Data items:
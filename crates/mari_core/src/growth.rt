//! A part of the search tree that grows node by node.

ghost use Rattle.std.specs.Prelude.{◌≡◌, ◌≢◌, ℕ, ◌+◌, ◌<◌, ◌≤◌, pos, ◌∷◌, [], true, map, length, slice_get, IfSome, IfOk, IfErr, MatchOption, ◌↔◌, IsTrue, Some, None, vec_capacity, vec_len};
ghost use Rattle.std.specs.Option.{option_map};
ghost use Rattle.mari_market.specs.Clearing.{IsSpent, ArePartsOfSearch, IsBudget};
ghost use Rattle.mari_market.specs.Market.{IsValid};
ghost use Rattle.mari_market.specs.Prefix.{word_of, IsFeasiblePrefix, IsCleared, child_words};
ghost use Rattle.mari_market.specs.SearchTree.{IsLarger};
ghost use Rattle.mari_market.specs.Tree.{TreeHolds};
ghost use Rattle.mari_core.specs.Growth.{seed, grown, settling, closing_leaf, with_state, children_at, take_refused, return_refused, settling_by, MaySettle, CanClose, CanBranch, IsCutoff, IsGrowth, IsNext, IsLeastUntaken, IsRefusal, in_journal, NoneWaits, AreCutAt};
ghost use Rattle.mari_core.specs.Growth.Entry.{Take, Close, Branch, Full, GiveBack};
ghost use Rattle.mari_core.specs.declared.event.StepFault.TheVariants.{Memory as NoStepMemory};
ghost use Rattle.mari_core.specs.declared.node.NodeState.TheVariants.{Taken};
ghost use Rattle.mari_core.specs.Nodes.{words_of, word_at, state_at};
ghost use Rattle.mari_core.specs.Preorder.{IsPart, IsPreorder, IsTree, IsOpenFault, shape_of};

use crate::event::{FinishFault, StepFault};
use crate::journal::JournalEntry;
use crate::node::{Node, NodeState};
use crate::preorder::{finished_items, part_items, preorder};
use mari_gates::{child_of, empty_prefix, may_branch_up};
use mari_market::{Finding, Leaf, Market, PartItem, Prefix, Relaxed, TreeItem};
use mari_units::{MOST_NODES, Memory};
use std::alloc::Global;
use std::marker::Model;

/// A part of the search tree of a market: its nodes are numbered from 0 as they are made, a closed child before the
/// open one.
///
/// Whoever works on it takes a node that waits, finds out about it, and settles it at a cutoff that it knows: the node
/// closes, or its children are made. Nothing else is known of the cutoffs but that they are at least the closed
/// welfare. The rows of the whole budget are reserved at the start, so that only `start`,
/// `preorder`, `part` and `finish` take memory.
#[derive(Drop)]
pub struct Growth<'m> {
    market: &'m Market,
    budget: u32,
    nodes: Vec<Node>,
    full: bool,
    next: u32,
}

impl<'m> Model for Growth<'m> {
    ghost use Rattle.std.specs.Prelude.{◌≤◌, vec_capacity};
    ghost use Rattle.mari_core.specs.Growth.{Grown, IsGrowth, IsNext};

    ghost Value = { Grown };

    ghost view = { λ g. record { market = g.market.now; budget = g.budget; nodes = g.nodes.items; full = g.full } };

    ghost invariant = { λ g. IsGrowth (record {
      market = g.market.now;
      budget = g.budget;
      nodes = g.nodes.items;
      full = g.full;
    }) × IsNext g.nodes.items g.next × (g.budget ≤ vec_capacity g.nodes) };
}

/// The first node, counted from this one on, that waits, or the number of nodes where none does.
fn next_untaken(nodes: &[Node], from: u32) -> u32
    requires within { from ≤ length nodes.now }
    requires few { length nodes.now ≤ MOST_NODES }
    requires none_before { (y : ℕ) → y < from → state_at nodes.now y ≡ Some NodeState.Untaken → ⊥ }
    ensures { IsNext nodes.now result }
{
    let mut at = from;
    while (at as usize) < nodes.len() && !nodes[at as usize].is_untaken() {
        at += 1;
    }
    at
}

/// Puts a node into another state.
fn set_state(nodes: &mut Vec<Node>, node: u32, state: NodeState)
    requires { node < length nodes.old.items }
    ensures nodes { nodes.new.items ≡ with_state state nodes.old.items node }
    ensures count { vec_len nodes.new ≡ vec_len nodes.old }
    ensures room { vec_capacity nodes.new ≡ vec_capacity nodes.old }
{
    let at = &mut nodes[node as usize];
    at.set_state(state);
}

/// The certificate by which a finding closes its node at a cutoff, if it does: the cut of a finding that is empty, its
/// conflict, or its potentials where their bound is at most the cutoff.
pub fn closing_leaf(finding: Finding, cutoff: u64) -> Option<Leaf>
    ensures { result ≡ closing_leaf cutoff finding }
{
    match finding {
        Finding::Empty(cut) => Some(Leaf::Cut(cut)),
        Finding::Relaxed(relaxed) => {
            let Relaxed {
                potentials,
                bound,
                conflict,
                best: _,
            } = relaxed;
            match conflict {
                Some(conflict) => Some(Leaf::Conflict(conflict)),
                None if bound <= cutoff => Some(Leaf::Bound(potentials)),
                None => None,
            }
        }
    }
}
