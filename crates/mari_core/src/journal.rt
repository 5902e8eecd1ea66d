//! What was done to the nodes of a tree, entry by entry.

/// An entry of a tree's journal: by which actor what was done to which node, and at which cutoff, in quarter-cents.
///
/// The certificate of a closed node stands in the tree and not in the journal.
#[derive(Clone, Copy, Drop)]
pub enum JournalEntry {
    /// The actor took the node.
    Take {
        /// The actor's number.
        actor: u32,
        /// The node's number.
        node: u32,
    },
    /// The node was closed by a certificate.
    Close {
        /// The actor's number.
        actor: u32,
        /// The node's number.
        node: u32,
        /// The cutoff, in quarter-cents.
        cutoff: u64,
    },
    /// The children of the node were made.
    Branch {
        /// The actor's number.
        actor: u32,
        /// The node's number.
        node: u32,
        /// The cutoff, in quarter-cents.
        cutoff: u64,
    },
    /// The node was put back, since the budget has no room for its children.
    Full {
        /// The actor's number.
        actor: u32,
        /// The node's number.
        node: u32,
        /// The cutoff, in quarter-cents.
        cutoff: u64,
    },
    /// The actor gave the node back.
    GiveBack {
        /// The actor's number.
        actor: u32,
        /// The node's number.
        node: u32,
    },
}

...

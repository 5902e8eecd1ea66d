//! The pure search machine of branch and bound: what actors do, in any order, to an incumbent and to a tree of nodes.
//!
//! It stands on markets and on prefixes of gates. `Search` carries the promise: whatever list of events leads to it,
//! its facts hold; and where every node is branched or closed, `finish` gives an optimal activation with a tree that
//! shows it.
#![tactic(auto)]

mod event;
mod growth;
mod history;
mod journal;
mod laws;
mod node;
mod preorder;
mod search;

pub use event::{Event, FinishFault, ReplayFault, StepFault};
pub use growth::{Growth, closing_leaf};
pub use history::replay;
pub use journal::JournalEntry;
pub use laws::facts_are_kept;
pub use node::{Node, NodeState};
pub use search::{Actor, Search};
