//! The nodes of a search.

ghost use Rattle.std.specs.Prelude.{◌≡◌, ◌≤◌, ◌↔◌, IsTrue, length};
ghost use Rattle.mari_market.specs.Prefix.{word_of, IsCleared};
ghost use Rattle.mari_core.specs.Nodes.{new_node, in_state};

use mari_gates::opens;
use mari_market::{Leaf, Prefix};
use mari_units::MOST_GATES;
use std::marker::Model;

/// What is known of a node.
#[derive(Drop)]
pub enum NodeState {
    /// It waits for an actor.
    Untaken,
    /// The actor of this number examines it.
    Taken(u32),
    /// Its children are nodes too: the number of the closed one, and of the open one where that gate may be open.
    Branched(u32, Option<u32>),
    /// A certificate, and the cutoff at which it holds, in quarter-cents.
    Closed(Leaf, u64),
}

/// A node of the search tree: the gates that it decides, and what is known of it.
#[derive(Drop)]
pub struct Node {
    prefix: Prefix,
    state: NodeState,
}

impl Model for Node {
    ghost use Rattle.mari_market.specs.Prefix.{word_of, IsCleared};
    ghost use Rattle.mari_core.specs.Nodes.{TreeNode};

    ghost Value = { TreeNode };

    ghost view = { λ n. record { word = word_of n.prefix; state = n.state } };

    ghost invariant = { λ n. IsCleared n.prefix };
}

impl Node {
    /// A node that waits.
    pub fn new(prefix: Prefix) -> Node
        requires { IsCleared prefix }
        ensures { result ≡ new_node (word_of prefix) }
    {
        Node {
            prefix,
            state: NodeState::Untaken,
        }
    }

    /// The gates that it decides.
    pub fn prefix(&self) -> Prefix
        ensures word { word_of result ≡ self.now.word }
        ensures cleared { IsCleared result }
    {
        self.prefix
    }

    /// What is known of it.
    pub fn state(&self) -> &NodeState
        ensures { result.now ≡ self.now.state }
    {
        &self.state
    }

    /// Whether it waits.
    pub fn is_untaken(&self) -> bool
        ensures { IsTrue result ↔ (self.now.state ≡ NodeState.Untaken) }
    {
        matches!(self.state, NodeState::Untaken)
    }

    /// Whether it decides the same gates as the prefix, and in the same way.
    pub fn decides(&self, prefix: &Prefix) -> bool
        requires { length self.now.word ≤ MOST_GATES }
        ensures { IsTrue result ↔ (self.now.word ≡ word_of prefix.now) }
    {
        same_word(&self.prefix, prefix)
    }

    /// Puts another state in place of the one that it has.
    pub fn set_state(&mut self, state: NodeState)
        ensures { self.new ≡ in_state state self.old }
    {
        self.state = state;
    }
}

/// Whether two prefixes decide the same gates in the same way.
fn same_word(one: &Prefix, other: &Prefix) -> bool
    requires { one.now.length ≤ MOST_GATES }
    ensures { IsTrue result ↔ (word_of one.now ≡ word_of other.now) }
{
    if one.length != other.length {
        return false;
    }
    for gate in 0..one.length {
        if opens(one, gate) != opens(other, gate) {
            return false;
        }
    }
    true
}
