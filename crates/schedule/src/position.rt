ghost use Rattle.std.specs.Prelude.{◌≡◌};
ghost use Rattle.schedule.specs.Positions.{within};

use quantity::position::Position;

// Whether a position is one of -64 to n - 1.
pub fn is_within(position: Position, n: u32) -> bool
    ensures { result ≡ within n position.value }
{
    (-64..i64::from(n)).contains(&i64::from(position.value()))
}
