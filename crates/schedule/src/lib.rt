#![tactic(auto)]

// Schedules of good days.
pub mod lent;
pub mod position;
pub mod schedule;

- **Work instructions**: Across all the entries, count the lines that contain the word "bound" and give the number by itself.

- **Answer space**: 4